--- Supplied material ---
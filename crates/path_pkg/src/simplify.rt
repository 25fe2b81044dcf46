//! Paths made simple: without empty parts, `.` and `..`, and with recording without links.
ghost use Rattle.std.specs.Prelude.{◌≡◌, ◌++◌, ◌∷◌, [], ℕ, true, false, IfOk, IfErr, OnOk, string_bytes};
ghost use Rattle.path_pkg.specs.Fault.{is_decided, is_simplify_error, IsPackAnswer, PackLeavesTree};
ghost use Rattle.path_pkg.specs.Path.{steps_of};
ghost use Rattle.path_pkg.specs.Place.{spot_of};
ghost use Rattle.path_pkg.specs.Simplified.{is_met, link_target, taken, simplified, simple_path};
ghost use Rattle.path_pkg.specs.Spot.{spot_text, above, below, beside};
ghost use Rattle.path_pkg.specs.Told.{WhereTold};
ghost use Rattle.path_pkg.specs.declared.path.Step.TheVariants.{Linked};
ghost use Rattle.path_pkg.specs.Tree.{is_link};

use crate::fault::PackError;
use crate::link_lookup::LinkLookup;
use crate::path::{Step, steps_of};
use crate::place::{Place, above, below, beside, noted, start, text};
use crate::tree::Tree;
use dist_types::text::Text;
use std::alloc::{AllocError, Global};
use std::collections::VecDeque;

/// The most links that are replaced on one path, those of their targets with them.
pub const MAX_LINKS: u32 = 40;

#[tactic(auto, using(crate::proofs::FaultLemmas::undecided, crate::proofs::FaultLemmas::of_simplify, crate::proofs::FaultLemmas::pack_refused, crate::proofs::FaultLemmas::untouched))]
fn is_link_at<T: LinkLookup>(alloc: Global, tree: &mut T, place: &Place) -> Result<bool, PackError>
    ensures link { IfOk result
        (λ b. WhereTold (T.told tree.old) (λ t. b ≡ is_link t (spot_text (spot_of place.now)))) }
    ensures decided { IfErr result (λ e. is_decided e ≡ false) }
    ensures reasons { IfErr result (λ e. is_simplify_error e ≡ true) }
    ensures leaves { PackLeavesTree result (T.told tree.old) (T.told tree.new) }
{
    let path = text(alloc, place)?;
    let is_link = tree.is_link(path.as_str())?;
    Ok(is_link)
}

/// To the directory above, unless one is at a link.
#[tactic(auto, using(crate::proofs::FaultLemmas::untouched))]
fn go_up<T: LinkLookup>(alloc: Global, tree: &mut T, place: Place) -> Result<Place, PackError>
    ensures up { IfOk result (λ p. spot_of p ≡ above (spot_of place)) }
    ensures free { OnOk result
        (WhereTold (T.told tree.old) (λ t. is_link t (spot_text (spot_of place)) ≡ false)) }
    ensures reasons { IfErr result (λ e. is_simplify_error e ≡ true) }
    ensures at_link { IfErr result (λ e. is_decided e ≡ true → (e ≡ PackError.LinkInParent)
        × WhereTold (T.told tree.old) (λ t. is_link t (spot_text (spot_of place)) ≡ true)) }
    ensures leaves { PackLeavesTree result (T.told tree.old) (T.told tree.new) }
{
    if is_link_at(alloc, tree, &place)? {
        return Err(PackError::LinkInParent);
    }
    Ok(above(place))
}

/// Whether one is at a link that is to be replaced.
fn is_met<T: LinkLookup>(
    alloc: Global,
    tree: &mut T,
    recording: bool,
    place: &Place,
) -> Result<bool, PackError>
    ensures met { IfOk result
        (λ b. WhereTold (T.told tree.old) (λ t. b ≡ is_met t recording (spot_of place.now))) }
    ensures decided { IfErr result (λ e. is_decided e ≡ false) }
    ensures reasons { IfErr result (λ e. is_simplify_error e ≡ true) }
    ensures leaves { PackLeavesTree result (T.told tree.old) (T.told tree.new) }
{
    if !recording {
        return Ok(false);
    }
    is_link_at(alloc, tree, place)
}

/// From the link where one is: the place that its target is taken from, the steps of the target, and then the
/// others.
#[tactic(auto, using(crate::proofs::FaultLemmas::undecided, crate::proofs::FaultLemmas::of_simplify, crate::proofs::FaultLemmas::pack_refused, crate::proofs::FaultLemmas::untouched))]
fn follow<T: LinkLookup>(
    alloc: Global,
    tree: &mut T,
    place: Place,
    others: VecDeque<Step>,
) -> Result<(Place, VecDeque<Step>), PackError>
    requires { WhereTold (T.told tree.old) (λ t. is_link t (spot_text (spot_of place)) ≡ true) }
    ensures place { IfOk result
        (λ r. WhereTold (T.told tree.old)
        (λ t. spot_of r.0 ≡ beside (above (spot_of place)) (link_target t (spot_of place)))) }
    ensures steps { IfOk result
        (λ r. WhereTold (T.told tree.old) (λ t. r.1.items ≡ steps_of (link_target t (spot_of place)) ++ Linked
        (spot_text (spot_of place)) ∷ others.items)) }
    ensures decided { IfErr result (λ e. is_decided e ≡ false) }
    ensures reasons { IfErr result (λ e. is_simplify_error e ≡ true) }
    ensures leaves { PackLeavesTree result (T.told tree.old) (T.told tree.new) }
{
    let mut others = others;
    let path = text(alloc, &place)?;
    let target = tree.link_target(path.as_str())?;
    let next = beside(alloc, above(place), target.as_str());
    let mut steps = steps_of(alloc, target.as_str())?;
    push(&mut steps, Step::Linked(Text::new(path)))?;
    steps.append(&mut others)?;
    Ok((next, steps))
}

fn push(steps: &mut VecDeque<Step>, step: Step) -> Result<(), AllocError>
    ensures { OnOk result (steps.new.items ≡ steps.old.items ++ step ∷ []) }
{
    steps.push_back(step)?;
    Ok(())
}

/// Takes the steps, and replaces at most so many links.
fn take<T: LinkLookup>(
    alloc: Global,
    tree: &mut T,
    recording: bool,
    left: u32,
    place: Place,
    todo: VecDeque<Step>,
) -> Result<Place, PackError>
    ensures taken { WhereTold (T.told tree.old)
        (λ t. IsPackAnswer spot_of (taken left t recording (spot_of place) todo.items) result) }
    ensures reasons { IfErr result (λ e. is_simplify_error e ≡ true) }
    ensures leaves { PackLeavesTree result (T.told tree.old) (T.told tree.new) }
{
    let mut place = place;
    let mut todo = todo;
    while let Some(step) = todo.pop_front() {
        match step {
            Step::Up => match go_up(alloc, tree, place) {
                Ok(next) => place = next,
                Err(fault) => return Err(fault),
            },
            Step::Name(name) => {
                place = below(place, name)?;
                if is_met(alloc, tree, recording, &place)? {
                    if left == 0 {
                        return Err(PackError::TooManyLinks);
                    }
                    let (next, steps) = follow(alloc, tree, place, todo)?;
                    return take(alloc, tree, recording, left - 1, next, steps);
                }
            }
            Step::Linked(path) => {
                place = noted(alloc, place, path)?;
            }
        }
    }
    Ok(place)
}

/// A path made simple, with the links that were replaced on it.
#[tactic(auto, using(crate::proofs::FaultLemmas::untouched), unfolding(crate::specs::Simplified::simplified))]
pub(crate) fn simplified<T: LinkLookup>(
    alloc: Global,
    tree: &mut T,
    recording: bool,
    path: &str,
) -> Result<Place, PackError>
    ensures simplified { WhereTold (T.told tree.old)
        (λ t. IsPackAnswer spot_of (simplified recording t path.now) result) }
    ensures reasons { IfErr result (λ e. is_simplify_error e ≡ true) }
    ensures leaves { PackLeavesTree result (T.told tree.old) (T.told tree.new) }
{
    let steps = steps_of(alloc, path)?;
    take(alloc, tree, recording, MAX_LINKS, start(alloc, path), steps)
}

/// The path without empty parts, without `.`, and without `..`, each of which drops the part before it.
/// LinkInParent exactly where a `..` stands behind a link; the rest of the path is not asked for links.
/// TreeFault and NotUtf8 come only where the tree's count of them rose.
#[tactic(auto, using(crate::proofs::FaultLemmas::untouched))]
pub fn simplify_path<T: Tree>(alloc: Global, tree: &mut T, path: &str) -> Result<String, PackError>
    ensures simplified { WhereTold (T.told tree.old)
        (λ t. IsPackAnswer string_bytes (simple_path false t path.now) result) }
    ensures reasons { IfErr result (λ e. is_simplify_error e ≡ true) }
    ensures leaves { PackLeavesTree result (T.told tree.old) (T.told tree.new) }
{
    match simplified(alloc, tree, false, path) {
        Ok(place) => {
            let simple = text(alloc, &place)?;
            Ok(simple)
        }
        Err(fault) => Err(fault),
    }
}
---
Starting at the first line of the records above, please copy each line exactly until you reach the line containing "use dist_types::text::Text;". Include that line and stop there.

filename crates/path_pkg/src/simplify.rt
repository 25fe2b81044dcf46
//! Paths made simple: without empty parts, `.` and `..`, and with recording without links.
ghost use Rattle.std.specs.Prelude.{◌≡◌, ◌++◌, ◌∷◌, [], ℕ, true, false, IfOk, IfErr, OnOk, string_bytes};
ghost use Rattle.path_pkg.specs.Fault.{is_decided, is_simplify_error, IsPackAnswer, PackLeavesTree};
ghost use Rattle.path_pkg.specs.Path.{steps_of};
ghost use Rattle.path_pkg.specs.Place.{spot_of};
ghost use Rattle.path_pkg.specs.Simplified.{is_met, link_target, taken, simplified, simple_path};
ghost use Rattle.path_pkg.specs.Spot.{spot_text, above, below, beside};
ghost use Rattle.path_pkg.specs.Told.{WhereTold};
ghost use Rattle.path_pkg.specs.declared.path.Step.TheVariants.{Linked};
ghost use Rattle.path_pkg.specs.Tree.{is_link};

use crate::fault::PackError;
use crate::link_lookup::LinkLookup;
use crate::path::{Step, steps_of};
use crate::place::{Place, above, below, beside, noted, start, text};
use crate::tree::Tree;
use dist_types::text::Text;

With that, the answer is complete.